So a bit of info beforehand, I’ve always had an interest in divination as whole and wanted a tarot deck for the longest time. Before getting my deck I would search for guidance either within through meditation. Or divination on a very minor scale, I had received great guidance by just visualising my issue or question and opening a book that defined tarot cards to a random page, (I called it minor scale for a reason) and found it helpful at time, along with some usage of pendulums, a friend let me borrow.

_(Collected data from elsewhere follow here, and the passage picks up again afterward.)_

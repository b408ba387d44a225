//! Streams that nobody wants any more.

use super::{CALL, LIMITS, listening, members_at};
use member_links::SocketLink;
use outside::{AnswerEnd, CallKind, Link, Source};
use std::alloc::Global;
use std::sync::Arc;
use std::test::Fail;

#[test]
fn a_stream_that_nobody_wants_ends_though_its_member_is_silent(
    rt: HostRuntime,
) -> Result<(), Fail> {
    let alloc: Global = rt.alloc();
    let (_listener, address) = listening(&rt, alloc)?;
    let members = members_at(&rt, alloc, &[&address])?;
    let mut follower = SocketLink::new(rt, Arc::try_clone(&members)?, LIMITS);
    let mut worker = SocketLink::new(rt, members, LIMITS);
    let Ok(mut stream) = follower.begin(1, CallKind::Watches(7), CALL) else {
        return Err(Fail::new("no stream was begun"));
    };
    worker.forget(7);
    assert_eq!(rt; stream.read(&mut [0u8; 16]), Ok(0));
    follower.end(stream, AnswerEnd::Broken);
    Ok(())
}

#[test]
fn a_stream_that_nobody_wants_is_not_begun(rt: HostRuntime) -> Result<(), Fail> {
    let alloc: Global = rt.alloc();
    let (_listener, address) = listening(&rt, alloc)?;
    let members = members_at(&rt, alloc, &[&address])?;
    let mut follower = SocketLink::new(rt, Arc::try_clone(&members)?, LIMITS);
    let mut worker = SocketLink::new(rt, members, LIMITS);
    worker.forget(8);
    worker.forget(9);
    assert!(rt; follower.begin(1, CallKind::Watches(7), CALL).is_ok());
    assert!(rt; follower.begin(1, CallKind::Watches(8), CALL).is_err());
    // where there are many the oldest is kept no longer
    for number in 10..1_034 {
        worker.forget(number);
    }
    assert!(rt; follower.begin(1, CallKind::Watches(9), CALL).is_ok());
    assert!(rt; follower.begin(1, CallKind::Watches(1_033), CALL).is_err());
    Ok(())
}
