//! Calls, and their limits.

use super::{
    Act, CALL, Heard, LIMITS, ONE, Story, TWO, Watched, call, hear, linked, listening, play,
};
use outside::{AnswerEnd, CallKind, Link};
use socket_limits::LinkLimits;
use std::alloc::Global;
use std::test::Fail;
use std::thread;
use std::time::Duration;

#[test]
fn a_call_has_a_limit_and_fails_where_the_clock_does(rt: HostRuntime) -> Result<(), Fail> {
    let alloc: Global = rt.alloc();
    // it takes connections, and answers none
    let (_listener, address) = listening(&rt, alloc)?;
    let system = Watched::new(&rt);
    let limits = LinkLimits {
        read: 100,
        ..LIMITS
    };
    let mut link = linked(&system, alloc, &[&address], limits)?;
    let late = call(&mut link, 1, CallKind::Reads, ONE, AnswerEnd::Whole);
    assert_eq!(rt; late, Heard::Failed);
    // behind the reading that says since when the worker is inside a call, which may fail: the call's limit, a kept connection, the
    // connection's limit, connecting, sending, and reading
    for reading in 2..8 {
        system.refuse(reading);
        let heard = call(&mut link, 1, CallKind::Writes, ONE, AnswerEnd::Whole);
        let wanted = if reading < 7 {
            Heard::Unsent
        } else {
            Heard::Failed
        };
        assert_eq!(rt; heard, wanted, "{reading}");
    }
    // a stream uses no kept connection, and looks first whether its range rests, which may fail
    for reading in 2..6 {
        system.refuse(reading);
        assert!(rt;
            link.begin(1, CallKind::Watches(1), CALL).is_err(),
            "{reading}"
        );
    }
    Ok(())
}

/// Where the stream's call came over the connection that the first call left, nobody would hear it.
const APART: Story = Story {
    lots: &[
        &[Act::Hear(CALL), Act::Say(ONE), Act::Rest(100)],
        &[Act::Hear(CALL), Act::Say(TWO)],
    ],
};

#[test]
fn a_stream_has_a_connection_of_its_own(rt: HostRuntime) -> Result<(), Fail> {
    let alloc: Global = rt.alloc();
    let (listener, address) = listening(&rt, alloc)?;
    let handle = thread::spawn(&rt, move || -> usize { play(&rt, &listener, APART) })?;
    let mut link = linked(rt, alloc, &[&address], LIMITS)?;
    assert_eq!(rt;
        call(&mut link, 1, CallKind::Reads, ONE, AnswerEnd::Whole),
        Heard::Wanted
    );
    let Ok(mut stream) = link.begin(1, CallKind::Watches(1), CALL) else {
        return Err(Fail::new("no stream was begun"));
    };
    assert_eq!(rt; hear(&mut stream, TWO), Heard::Wanted);
    assert_eq!(rt; handle.join(&rt), 5);
    Ok(())
}
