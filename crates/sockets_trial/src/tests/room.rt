//! Where there is no room: for a further connection, and for what comes of a large request.

use super::ends::{LIMITS, connected, gives, is_read_from};
use super::{hears, listening};
use etcd_types::Bytes;
use outside::{Host, Sink, WriteMark};
use socket_limits::Permits;
use sockets::{Budget, Door, SocketHost};
use std::alloc::Global;
use std::net::TcpStream;
use std::sync::Arc;
use std::test::Fail;
use std::time::Duration;
use std::{str, thread};

#[test]
fn a_connection_too_many_is_told_so(rt: HostRuntime) -> Result<(), Fail> {
    let alloc: Global = rt.alloc();
    let (there, address) = listening(&rt, alloc)?;
    drop(there);
    let refusal = Bytes::from_slice(alloc, b"no room")?;
    let door = Door::new(alloc, Arc::new(alloc, Budget::new(1))?, refusal);
    let mut host = SocketHost::new(rt).through(door);
    assert!(rt; host.listen(&address).is_ok());
    let text = str::from_utf8(address.as_slice())?;
    let _first = TcpStream::connect(&rt, text)?;
    let accepted = host.accept();
    assert!(rt; matches!(accepted, Ok(Some(_))));
    let mut second = TcpStream::connect(&rt, text)?;
    // it refuses the second one, and then waits for one for which there is room
    let waiting = thread::spawn(&rt, move || -> bool {
        matches!(host.accept(), Ok(Some(_)))
    })?;
    assert!(rt; hears(&mut second, b"no room") && hears(&mut second, b""));
    drop(accepted);
    let _third = TcpStream::connect(&rt, text)?;
    assert!(rt; waiting.join(&rt));
    Ok(())
}

#[test]
fn the_slowest_upload_is_ended_where_there_is_no_room(rt: HostRuntime) -> Result<(), Fail> {
    let alloc: Global = rt.alloc();
    let permits = Arc::new(alloc, Permits::of_bytes(alloc, 1, 100_000))?;
    let (client, mut source, mut sink) = connected(rt, alloc, LIMITS, &permits)?;
    let (other_client, mut other, _other_sink) = connected(rt, alloc, LIMITS, &permits)?;
    assert!(rt; is_read_from(alloc, &client, &mut source)?);
    // so that the first one is the slower
    thread::sleep(&rt, Duration::from_millis(50));
    let first = thread::spawn(&rt, move || -> bool {
        // its connection was ended though its client is there
        let ended = gives(&mut source, b"");
        sink.mark(WriteMark::Reply(400));
        ended
    })?;
    assert!(rt; is_read_from(alloc, &other_client, &mut other)?);
    assert!(rt; first.join(&rt));
    Ok(())
}
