//! What is counted of connections.

use super::ends::LIMITS;
use super::listening;
use outside::{Clock, MemClock, ReadMark, RequestKind, Sink, Source, WriteMark};
use socket_limits::Permits;
use sockets::{Client, SocketSink, SocketSource, SteppedClock, Tallies, ends_within};
use std::alloc::Global;
use std::net::{Net, TcpListener, TcpStream};
use std::str;
use std::sync::{Arc, Wait};
use std::test::Fail;

/// What a server has of a connection: its two ends, and the clock of its part.
type Counting<R> = (SocketSource<R>, SocketSink<R>, SteppedClock<MemClock>);

fn counted<R: Net<Listener = TcpListener, Stream = TcpStream> + Wait + Drop + Copy>(
    rt: R,
    alloc: Global,
    tallies: &Tallies,
) -> Result<Counting<R>, Fail> {
    let (listener, address) = listening(&rt, alloc)?;
    let _client = TcpStream::connect(&rt, str::from_utf8(address.as_slice())?)?;
    let (stream, _) = listener.accept()?;
    let tally = tallies.tally()?;
    let client = Client::from(stream).counted(tallies.begin(&rt, &tally)?);
    let permits = Arc::new(alloc, Permits::new(alloc, 1))?;
    let (source, sink) = ends_within(alloc, rt, rt, client, permits, LIMITS)?;
    Ok((
        source,
        sink,
        SteppedClock::new(MemClock::new(7), Some(tally)),
    ))
}

/// A request of this kind has this status behind so many steps.
fn replied<S: Source, K: Sink, C: Clock>(
    ends: (&mut S, &mut K, &mut C),
    kind: RequestKind,
    steps: u32,
    status: u16,
) {
    let (source, sink, clock) = ends;
    source.mark(ReadMark::Request(kind));
    for _ in 0..steps {
        let _ = clock.now();
    }
    sink.mark(WriteMark::Reply(status));
}

#[test]
fn what_connections_do_is_counted(rt: HostRuntime) -> Result<(), Fail> {
    let tallies = Tallies::new(rt.alloc())?;
    let (mut source, mut sink, mut clock) = counted(rt, rt.alloc(), &tallies)?;
    let rows = [
        // reads from memory: behind one step, and well
        (RequestKind::Range, 1, 200),
        (RequestKind::Txn, 1, 200),
        (RequestKind::Range, 2, 200),
        (RequestKind::Range, 1, 400),
        (RequestKind::Put, 1, 200),
        (RequestKind::Watch, 1, 200),
    ];
    for (kind, steps, status) in rows {
        replied((&mut source, &mut sink, &mut clock), kind, steps, status);
    }
    sink.mark(WriteMark::Events(2));
    sink.mark(WriteMark::Message);
    // bytes that are no request
    sink.mark(WriteMark::Reply(418));
    let counts = tallies.counts(&rt)?;
    assert!(rt; (counts.cached, counts.messages, counts.watches) == (2, 1, 1));
    assert_eq!(rt; counts.events, 2);
    assert!(rt; (counts.open, counts.opened) == (1, 1));
    let rows = [
        (RequestKind::Range, 200, 2),
        (RequestKind::Range, 400, 1),
        (RequestKind::Put, 200, 1),
        (RequestKind::Txn, 200, 1),
        (RequestKind::Watch, 200, 1),
        (RequestKind::Other, 0, 1),
    ];
    assert_eq!(rt; counts.replies.len(), rows.len());
    for (replies, row) in counts.replies.iter().zip(rows) {
        assert!(rt; (replies.kind, replies.status, replies.count) == row);
    }
    Ok(())
}

#[test]
fn what_a_connection_did_is_kept_once_it_ended(rt: HostRuntime) -> Result<(), Fail> {
    let tallies = Tallies::new(rt.alloc())?;
    for _ in 0..70 {
        let (mut source, mut sink, mut clock) = counted(rt, rt.alloc(), &tallies)?;
        let ends = (&mut source, &mut sink, &mut clock);
        replied(ends, RequestKind::Range, 1, 200);
        assert!(rt; tallies.counts(&rt)?.open == 1);
    }
    let counts = tallies.counts(&rt)?;
    assert!(rt; (counts.open, counts.opened, counts.cached) == (0, 70, 70));
    Ok(())
}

Fast forwarding to a few months ago, I’m much more progressed on my path (though with still a long way to go) and just after a meditation I had a random desire to go to a bookstore I haven’t been to in a while. To my surprise I came across something I never have before, in the tarot and divination section, I found The Shamans Oracle deck, I never bought a deck before because something felt off when I held the box. Instead of feeling off I was excited and drawn towards it, so I sat with it for a little bit asking if it would like to come home with me. Having felt certain the deck was willing to work with me, I purchased it. Much to my disappointment however, upon opening the box and going over the cards, I felt much more confused than I had been before by the hand style layout, the separation of the cards into classes (dancers, shaman’s, ancestors, hunters, and spirits) and two odd cards ( classless cards called “the companion” and “the journeyer”) all of which were specific to this deck. Feeling defeated I put the set away and set it on my nightstand where it remained for the next few months, as something I had a desire to use, but an inability to.
Fast forward to now, (3-4 months later) after much introspection and meditation, a few concepts have come forth to me through looking within and recognizing signs. Mainly the abstract ideas of Creativity, Trusting my intuition and abilities, and forging my own path. I knew it was regarding something but I didn’t know what. So the last couple of days I have been reaching out spiritually for some guidance, and help to keep myself from falling into this feeling of being lost. So I spent some time with these requests while I meditated, and today I meditated to receive what I felt was no answer, my intuition felt nothing, received no images or insight. Defeated I thanked the universe and opened my eyes, only to find the deck I hadn’t been using, right in front of me, just demanding my focus. So I picked it up and decided to take another crack at it. I opened it up, and looked at the cards and spreads yet again, to still not understand how to even go about laying or shuffling them (do I separate the classes? how important are the elements? If I don’t separate them what if the class ends up in the wrong location?) And then I said F**k the book, I need guidance, my guides are out there I’m capable of this I’ve contacted them before I can do it again.
So I decided since I requested guidance it made sense to spread the cards in what resembled a compass, 4 major directions closer to center and placing the other 4 directions in between the major one’s but farther from center and did a reading that way. Much to my surprise, things seemed much more clear. I finished my reading and gave my thank. After handling the cards more and not paying much mind to the “rules” I found the things that originally had left me confused, now made my task much simpler. The classes had allowed me to get much more meaning from the card, and also gave me options on how I wanted to make my spreads, and specify the information I wanted. The two odd ball cards helped me channel energy into different points, and also allowed me to Garner information as a whole, or specifically for me internally (the journeyer card), or to help me channel my spirit guides better (the companion card) the book only came to use to give me a bit of help in understanding the card specifically. Even now writing this, I have ideas flowing on ways I can use them. I’m excited and so relieved.
I know there are many threads that are for success stories, or that talk about the importance of Creativity. I’ve read those and knew that (in certain cases) the “rules” are unnecessary or even a hindrance. Tarot to me was one of those things that seemed like rules were a must, and being a beginner I was intimidated by it on many levels. I guess I really need to quit doubting myself so much.
If this doesn’t belong here lmk, but I’m really excited by this and maybe this can help other beginners get some inspiration for their own methods. Much Love to you guys!